On paper, Men of a Certain Age looks like a recipe for a navel-gazing disaster: Ray Romano, playing with house money from nine syndicated seasons of hit middlebrow sitcom Everybody Loves Raymond, co-creates and stars in a midlife crisis dramedy on standard cable. Contrary to the laws of television vanity projects, Romano instead delivers a fairly nuanced character study of three friends in their 40s.
Romano plays Joe, a recently separated businessman who owns a party supply store and struggles with a gambling addiction that may or may not have wrecked his marriage. Romano, wisely, has not strayed too far from his acting comfort zone; utilizing his hangdog face and nasal voice, he’s essentially Ray Barone with a few more tics and a little more sadness. Romano was also smart enough not to cast himself as the sole lead in the show; he shares that duty with television veterans Andre Braugher and Scott Bakula, playing college friends of Joe’s, each with their own middle-aged malaise.
Bakula plays Terry, a washed-up actor and committed bachelor who still frosts the tips of his hair at the age of 49. He has to temp at an office to pay his bills, but his semi-celebrity status still lets him off of the majority of hooks. The other friend is Owen (Braugher), a mediocre car salesman with young kids, a heavy-duty mortgage, and a looming diabetic health crisis. His is the strongest performance in the show, playing a man who’s trying to figure out how much unhappiness he can endure to guarantee himself an okay life.

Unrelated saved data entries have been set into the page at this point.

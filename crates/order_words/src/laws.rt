//! What words are as an order. The function runs nothing; its contract is the laws.

ghost use Rattle.order_words.specs.Words.{TextsAreTaken, NumbersAreTaken, PlainWordsAreTaken, AreUsage};

/// Which words are which order, and which are none: behind `=` an option takes any text, and behind `--` a position does; numbers
/// are judged by their digits. Of `analyse`: its option stands before FILE or behind it; and what has the option twice,
/// shortened, without its value or not at all, lacks FILE or has a word too many, is no order.
pub fn words_are_orders()
    ensures texts { TextsAreTaken }
    ensures numbers { NumbersAreTaken }
    ensures plain { PlainWordsAreTaken }
    ensures others { AreUsage }
{}
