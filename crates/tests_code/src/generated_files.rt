//! The sizes of files, their first words, and what is refused.

use gen_elf::{GenRefusal, generate};
use std::alloc::Global;

// The numbers of procedures, the sizes of the files, and the words of the last calls.
const FILES: [(u32, usize, u32); 3] = [
    (1, 164, 0xff1ff0ef), // jal ra,-16
    (40, 1412, 0xb11ff0ef), // jal ra,-1264
    (100, 3332, 0xb90ff0ef), // jal ra,-3184
];

// The words from the entry on, up to the call of the first procedure.
const FIRST: [u32; 7] = [
    0x00000513, // addi a0,zero,0
    0x008000ef, // jal ra,8
    0x00100073, // ebreak
    0xff010113, // addi sp,sp,-16
    0x00113423, // sd ra,8(sp)
    0x00150513, // addi a0,a0,1
    0x00050463, // beq a0,zero,8
];

/// Whether these words stand in a file from a place on.
fn has_words(file: &[u8], start: usize, words: &[u32]) -> bool {
    let mut at = start;
    for word in words {
        let end = at.saturating_add(4);
        if file.get(at..end) != Some(word.to_le_bytes().as_slice()) {
            return false;
        }
        at = end;
    }
    true
}

fn is_file(file: &[u8], size: usize, last_call: u32) -> bool {
    file.len() == size
        && has_words(file, size.saturating_sub(16), &[last_call])
        && has_words(file, 120, &FIRST)
}

fn makes_file(alloc: Global, n: u32, size: usize, last_call: u32) -> bool {
    match generate(alloc, n) {
        Ok(file) => is_file(&file, size, last_call),
        Err(_) => false,
    }
}

fn all_are_made(alloc: Global) -> bool {
    for (n, size, last_call) in FILES.iter() {
        if !makes_file(alloc, *n, *size, *last_call) {
            return false;
        }
    }
    true
}

#[test]
fn files(rt: HostRuntime) {
    assert!(rt; all_are_made(rt.alloc()));
}

fn is_out_of_range(alloc: Global, n: u32) -> bool {
    match generate(alloc, n) {
        Ok(_) => false,
        Err(refusal) => refusal == GenRefusal::Range(n),
    }
}

#[test]
fn numbers_out_of_range(rt: HostRuntime) {
    assert!(rt; is_out_of_range(rt.alloc(), 0));
    assert!(rt; is_out_of_range(rt.alloc(), 101));
    assert!(rt; is_out_of_range(rt.alloc(), 1_000_000_000));
}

Of the first few episodes, the pilot is by far the weakest. It works up a sweat in its attempts to quickly sketch its characters and hammer home its themes. The men talk too readily about their own astonishment at growing old instead of talking about what real middle-aged men talk about: wives, kids, jobs, sports. But the show develops a groove in the second and third episodes. There are still some forced situations (Joe gets hit on by a drunk businesswoman and panics) and forced dialogue (the friends compare the number of medicinal creams they each use), but there are also more throwaway scenes with shoot-the-shit dialogue that do more to flesh out the men’s lives than anything in the overwritten pilot.
The best scene of the early episodes involves the three men watching a blowout basketball game; Joe is slightly too interested and Terry and Owen realize that he’s bet on it. They call him out, but the scene never boils over into melodrama; Terry and Owen are content to ride him on the issue and then let it go. The friendship between the three men is both the show’s strength and a potential weakness. As Certain Age flirts with honestly portraying the bleakness of modern American life, it strains to credibly justify how three stretched-thin middle-class males would find time for daily morning hikes and communal lunches. It’s a little too comfy for a show that would benefit from placing its characters in increasingly uncomfortable situations. It’s admirable to portray men who are barely treading water; it would be daring to let one of those men sink.